Ciaran describes his song writing as “something I’ve always done in private”, this album marks the point where he’s finally felt happy to record them. He takes lead vocal himself on The Locks but having teamed up with Sam Kelly last year to play on Sam’s The Lost Boys album, Sam now returns the favour and takes lead vocal on the other three songs. Sam’s voice has been widely praised over the last couple of years, both in his solo work and with The Changing Room. Combined with Ciaran’s sensitive lyrics it presents us with songs that are truly memorable. Ciaran doesn’t do ‘frothy’ lyrics, the songs here prompt you to think, The Final Waltz references the ability of leaders to remain aloof whilst sending the young to war, Our Home Now explores how hard it can be to realise your unhappiness stems from who you’re with rather than where you are. The vocal tracks are not brief affairs; Our Home Now is almost seven minutes, a result of the care and imagination that has gone into instrumental arrangements, making full use of the band’s talents. On Our Home Now this is boosted by having Jamie Francis, also part of The Changing Room, guesting on banjo. It would be unfair to the rest of the gang to describe the final guest contributor as the ‘icing on the cake’ but she is rather good. I first came across Somerset-based Kitty Macfarlane singing her own compositions at the Halsway Manor Hothouse Festival in 2013, here she adds the most exquisite harmonies to Ciaran’s songs, her voice blending so well with Sam’s, Ciaran sometimes joining the chorus as well.

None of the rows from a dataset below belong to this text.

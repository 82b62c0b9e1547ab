// The tokens of a capture as places of a lent text: nothing is copied.
#![tactic(auto)]

ghost use Rattle.std.specs.Prelude.{◌≡◌};
ghost use Rattle.capture_tokens.specs.Tokens.{token_of, words_of, index_of, is_end};

use text::Span;

// White space as a set of bits: bytes 9, 10, 12, 13 and 32.
const WHITE: u64 = 0x1_0000_3600;

// The next token at or after a place; an empty span where there is none.
pub fn token(s: &[u8], from: usize) -> Span
    ensures { result ≡ token_of s.now from }
{
    text::token_by(s, from, WHITE, WHITE)
}

// The place of the first word of a list that equals a text, counted in words.
pub fn index_of(list: &[u8], t: &[u8]) -> Option<usize>
    ensures { result ≡ index_of (words_of list.now) t.now }
{
    let mut at = 0;
    // There are no more words than bytes.
    for n in 0..list.len() {
        let span = token(list, at);
        if span.start == span.end {
            return None;
        }
        if t == &list[span.start..span.end] {
            return Some(n);
        }
        at = span.end;
    }
    None
}

// Whether a token ends a section.
pub fn is_end(t: &[u8]) -> bool
    ensures { result ≡ is_end t.now }
{
    t == b"$end".as_slice()
}
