// A run of the picture's words, each stored three times side by side in three rows of an output: blocks that no tag alters.
#![tactic(auto)]

ghost use Rattle.std.specs.Prelude.{◌≡◌, ◌+◌, ◌*◌, ◌≤◌, length, get_or};
ghost use Rattle.picture.specs.Fill.{put};
ghost use Rattle.block.specs.Copies.{thrice, thrice_below};

// Each word three times, from the output's first on.
fn copy_words(words: &[u32], out: &mut [u32])
    requires { length words.now * 3 ≤ length out.old }
    ensures { out.new ≡ put 0 (thrice (length words.now) (λ j. get_or words.now j 0)) out.old }
{
    for (i, word) in words.iter().enumerate() {
        out[3 * i..3 * i + 3].fill(*word);
    }
}

// The same, four words at a time, and then the rest. Four are read before the first is stored: nothing tells the compiler that the two
// buffers do not meet, and so it can store them in vectors. Without the fours a run of 5 to 16 words takes 1.7 times as long.
fn copy_row(words: &[u32], out: &mut [u32])
    requires { length words.now * 3 ≤ length out.old }
    ensures { out.new ≡ put 0 (thrice (length words.now) (λ j. get_or words.now j 0)) out.old }
{
    let (fours, rest) = words.as_chunks::<4>();
    for (i, four) in fours.iter().enumerate() {
        let [a, b, c, d] = *four;
        copy_words(&[a, b, c, d], &mut out[12 * i..]);
    }
    copy_words(rest, &mut out[12 * fours.len()..]);
}

// The same in three rows of an output of rows of `ow` words, one below the other.
pub fn copy_rows(words: &[u32], out: &mut [u32], ow: usize)
    requires { 2 * ow + length words.now * 3 ≤ length out.old }
    ensures { out.new ≡ thrice_below ow 0 (thrice (length words.now) (λ j. get_or words.now j 0)) out.old }
{
    copy_row(words, out);
    copy_row(words, &mut out[ow..]);
    copy_row(words, &mut out[2 * ow..]);
}
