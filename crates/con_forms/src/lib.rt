//! A console's history is one that a report determines.
//!
//! con_machine says what the console answers, con_trace what lines a report may have; neither knows of the other. Here is what joins them:
//!
//! - [`an_answer_has_its_form`] is the law that every event, in whatever state of the console, is answered by the form that con_lines gives it
//!   (`HasForm` of `specs/Formed`): the kind of answer, how many numbers, which of them is a flag, and that cells have plain shades.
//! - [`types_are_kept`] reads entries, answers, lengths and an end, and tells of them what their types keep (`Kept` of `specs/Kept`): that a unit
//!   has 16 bits, a number 32. It changes nothing; it is for what the console's definition, which counts without bounds, does not say.
//! - [`a_legal_history_is_told`] is the law that with both of these the lines of a legal history are those of a history of a report
//!   (`IsHistory` of con_trace), up to a picture that has no length (`told` of `specs/Told`), and that they are all where each picture has one.
//!
//! A picture counts as answered by done, as a report has it. Never promised: that a picture has a length.
#![tactic(auto)]

pub mod keeping;
pub mod laws;

pub use keeping::types_are_kept;
pub use laws::{a_legal_history_is_told, an_answer_has_its_form};
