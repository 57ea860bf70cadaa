//! Cells in a row.
ghost use Rattle.std.specs.Prelude.{◌≡◌, ◌+◌, ◌≤◌, ◌<◌, ◌++◌, length, take, drop, map, [], true, vec_capacity};
ghost use Rattle.con_units.specs.Glyph.{cell_of};
ghost use Rattle.con_units.specs.Plain.{is_plain as is_plain_unit};
ghost use Rattle.std.specs.List.{list_all};
ghost use Rattle.con_term.specs.Page.{filled};
ghost use Rattle.con_term.specs.Run.{pasted};

use con_units::{Attr, Cell};
use con_vtgram::is_plain;

// How many cells are copied at once.
const PIECE: usize = 256;

/// Writes the cell from one place up to another.
pub fn fill(cells: &mut [Cell], from: usize, upto: usize, cell: Cell)
    requires order { from ≤ upto }
    requires inside { upto ≤ length cells.old }
    ensures { cells.new ≡ filled cells.old from upto cell }
{
    for at in from..upto {
        cells[at] = cell;
    }
}

/// Writes the cell from one place of a list up to another.
pub fn fill_in(cells: &mut Vec<Cell>, from: usize, upto: usize, cell: Cell)
    requires order { from ≤ upto }
    requires inside { upto ≤ length cells.old.items }
    ensures len { length cells.new.items ≡ length cells.old.items }
    ensures cells { cells.new.items ≡ filled cells.old.items from upto cell }
{
    fill(cells.as_mut_slice(), from, upto, cell);
}

/// Copies the cells into an empty list that has room for them.
pub fn copy_into(list: &mut Vec<Cell>, cells: &[Cell])
    requires none { list.old.items ≡ [] }
    requires room { length cells.now ≤ vec_capacity list.old }
    ensures { list.new.items ≡ cells.now }
{
    let _ = list.extend_from_slice(cells);
}

// Copies the cells over as many others. In pieces, each of which is moved through vector registers.
fn copy_over(to: &mut [Cell], from: &[Cell])
    requires { length to.old ≡ length from.now }
    ensures { to.new ≡ from.now }
{
    let mut at = 0;
    while at < from.len() {
        let end = from.len().min(at + PIECE);
        to[at..end].copy_from_slice(&from[at..end]);
        at = end;
    }
}

/// So many cells from a place on are copied to the front.
pub fn move_front(cells: &mut [Cell], from: usize, count: usize)
    requires apart { count ≤ from }
    requires inside { from + count ≤ length cells.old }
    ensures len { length cells.new ≡ length cells.old }
    ensures cells { cells.new ≡ take count (drop from cells.old) ++ drop count cells.old }
{
    let (front, back) = cells.split_at_mut(from);
    copy_over(&mut front[..count], &back[..count]);
}

// Writes the bytes of printable ASCII at the front from a place on, one a cell, and tells how many.
fn write_plain(cells: &mut [Cell], from: usize, bytes: &[u8], most: usize, attr: Attr) -> usize
    requires some { most ≤ length bytes.now }
    requires room { from + most ≤ length cells.old }
    ensures few { result ≤ most }
    ensures plain { list_all is_plain_unit (take result bytes.now) ≡ true }
    ensures cells { cells.new ≡ pasted cells.old from (map (λ u. cell_of u attr) (take result bytes.now)) }
{
    let mut at = 0;
    while at < most {
        let unit = bytes[at] as u16;
        if !is_plain(unit) {
            return at;
        }
        cells[from + at] = Cell::new(unit, attr);
        at += 1;
    }
    at
}

/// Writes at most so many bytes of printable ASCII at the front from a place on, one a cell, and tells how many.
pub fn write_run(cells: &mut Vec<Cell>, from: usize, bytes: &[u8], most: usize, attr: Attr) -> usize
    requires some { most ≤ length bytes.now }
    requires room { from + most ≤ length cells.old.items }
    ensures few { result ≤ most }
    ensures plain { list_all is_plain_unit (take result bytes.now) ≡ true }
    ensures len { length cells.new.items ≡ length cells.old.items }
    ensures cells { cells.new.items ≡ pasted cells.old.items from (map (λ u. cell_of u attr) (take result bytes.now)) }
{
    write_plain(cells.as_mut_slice(), from, bytes, most, attr)
}
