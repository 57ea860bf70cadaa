//! Cells in a list of which the last are known to be one cell, so that nothing is written where they become it.
ghost use Rattle.std.specs.Prelude.{IfOk, ℕ, ◌≡◌, ◌+◌, ◌-◌, ◌<◌, ◌≤◌, ◌++◌, length, take, drop, map, replicate, slice_set, min, true};
ghost use Rattle.std.specs.List.{list_all};
ghost use Rattle.con_units.specs.Glyph.{cell_of};
ghost use Rattle.con_units.specs.Plain.{is_plain};
ghost use Rattle.con_term.specs.Page.{filled};
ghost use Rattle.con_term.specs.Run.{pasted};

use crate::cells::{fill_in, move_front, write_run};
use con_units::{Attr, Cell};
use std::alloc::{AllocError, Global};
use std::marker::Model;

/// A list of cells. Contracts see them alone.
#[derive(Drop)]
pub struct Sheet {
    cells: Vec<Cell>,
    blank: Cell,
    bare: usize,
}

impl Model for Sheet {
    ghost use Rattle.std.specs.Prelude.{List};
    ghost use Rattle.con_units.specs.Glyph.{Glyph};

    ghost Value = { List Glyph };

    ghost use Rattle.con_term.specs.SheetView.{cells_of, IsSheet};

    ghost view = { cells_of };

    ghost invariant = { IsSheet };
}

impl Sheet {
    /// As many of one cell.
    pub fn new(alloc: Global, count: usize, cell: Cell) -> Result<Sheet, AllocError>
        ensures { IfOk result (λ sheet. sheet ≡ replicate count cell) }
    {
        let cells = Vec::from_elem(alloc, cell, count)?;
        Ok(Sheet {
            cells,
            blank: cell,
            bare: 0,
        })
    }

    /// Their allocator.
    pub fn allocator(&self) -> Global {
        *self.cells.allocator()
    }

    /// How many there are.
    pub fn len(&self) -> usize
        ensures { result ≡ length self.now }
    {
        self.cells.len()
    }

    /// All of them.
    pub fn as_slice(&self) -> &[Cell]
        ensures { result.now ≡ self.now }
    {
        self.cells.as_slice()
    }

    /// Writes one.
    pub fn set(&mut self, at: usize, cell: Cell)
        requires { at < length self.old }
        ensures len { length self.new ≡ length self.old }
        ensures cells { self.new ≡ slice_set self.old at cell }
    {
        self.cells[at] = cell;
        self.bare = greater(self.bare, at + 1);
    }

    /// Writes the cell from one place up to another. Where it is what the last cells are known to be, they are not written.
    pub fn fill(&mut self, from: usize, upto: usize, cell: Cell)
        requires order { from ≤ upto }
        requires inside { upto ≤ length self.old }
        ensures len { length self.new ≡ length self.old }
        ensures cells { self.new ≡ filled self.old from upto cell }
    {
        if goes_on(self.bare, upto, self.blank, cell) {
            if from < self.bare {
                let end = self.bare;
                fill_in(&mut self.cells, from, end, cell);
                self.bare = from;
            }
        } else {
            fill_in(&mut self.cells, from, upto, cell);
            self.bare = greater(self.bare, upto);
        }
    }

    /// Writes at most so many bytes of printable ASCII at the front from a place on, one a cell, and tells how many.
    pub fn write_run(&mut self, from: usize, bytes: &[u8], most: usize, attr: Attr) -> usize
        requires some { most ≤ length bytes.now }
        requires room { from + most ≤ length self.old }
        ensures few { result ≤ most }
        ensures plain { list_all is_plain (take result bytes.now) ≡ true }
        ensures len { length self.new ≡ length self.old }
        ensures cells { self.new ≡ pasted self.old from (map (λ u. cell_of u attr) (take result bytes.now)) }
    {
        let count = write_run(&mut self.cells, from, bytes, most, attr);
        self.bare = greater(self.bare, from + count);
        count
    }

    /// So many cells from a place on go to the front, and all behind them become one cell. Where it is what the last cells
    /// are known to be, these are neither moved nor written.
    pub fn pull(&mut self, from: usize, kept: usize, cell: Cell)
        requires apart { kept ≤ from }
        requires inside { from + kept ≤ length self.old }
        ensures len { length self.new ≡ length self.old }
        ensures cells { self.new ≡ take kept (drop from self.old) ++ replicate (length self.old - kept) cell }
    {
        if is_same(cell, self.blank) {
            let copied = lesser(kept, self.bare.saturating_sub(from));
            let end = greater(self.bare, copied);
            pull_in(&mut self.cells, from, copied, end, cell);
            self.bare = copied;
        } else {
            let end = count(&self.cells);
            pull_in(&mut self.cells, from, kept, end, cell);
            self.bare = kept;
            self.blank = cell;
        }
    }
}

fn lesser(a: usize, b: usize) -> usize
    ensures { result ≡ min a b }
{
    a.min(b)
}

fn greater(a: usize, b: usize) -> usize
    ensures above { (a ≤ result) × (b ≤ result) }
    ensures least { (n : ℕ) → a ≤ n → b ≤ n → result ≤ n }
{
    if a < b { b } else { a }
}

fn count(cells: &Vec<Cell>) -> usize
    ensures { result ≡ length cells.now.items }
{
    cells.len()
}

fn is_same(a: Cell, b: Cell) -> bool
    ensures { result ≡ true → a ≡ b }
{
    a == b
}

// Whether the cells from one place on, which are one cell, go on with it up to another.
fn goes_on(bare: usize, upto: usize, blank: Cell, cell: Cell) -> bool
    ensures inside { result ≡ true → bare ≤ upto }
    ensures same { result ≡ true → cell ≡ blank }
{
    if bare <= upto {
        is_same(cell, blank)
    } else {
        false
    }
}

// So many cells from a place on go to the front, and those behind them up to another place become one cell.
fn pull_in(cells: &mut Vec<Cell>, from: usize, count: usize, upto: usize, cell: Cell)
    requires apart { count ≤ from }
    requires inside { from + count ≤ length cells.old.items }
    requires behind { (count ≤ upto) × (upto ≤ length cells.old.items) }
    ensures len { length cells.new.items ≡ length cells.old.items }
    ensures cells { cells.new.items ≡ filled (take count (drop from cells.old.items) ++ drop count cells.old.items) count upto cell }
{
    move_front(cells.as_mut_slice(), from, count);
    fill_in(cells, count, upto, cell);
}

When I talked with Ciaran back in 2013 he and Greg had just come off stage to a rapturous reception from the Cropredy audience. Nonetheless, one of the themes of Ciaran’s conversation was “Plan B”, just in case the music didn’t work out. Back then, he was still at St Joseph’s College, part way through his A level course and, in spite of the demands of touring and recording, was determined to complete it. Well, that part of Plan B is now complete and he’s going on to a degree but, with such a strong debut album adding to all his other musical achievements, it’s hard to envisage that Plan B will be needed any time soon.
Ciaran and the four core muscians, Toby, Eden, Giles and Sam will shortly be touring the material from the album as The Ciaran Algar Band, they’ll be gigs well worth catching.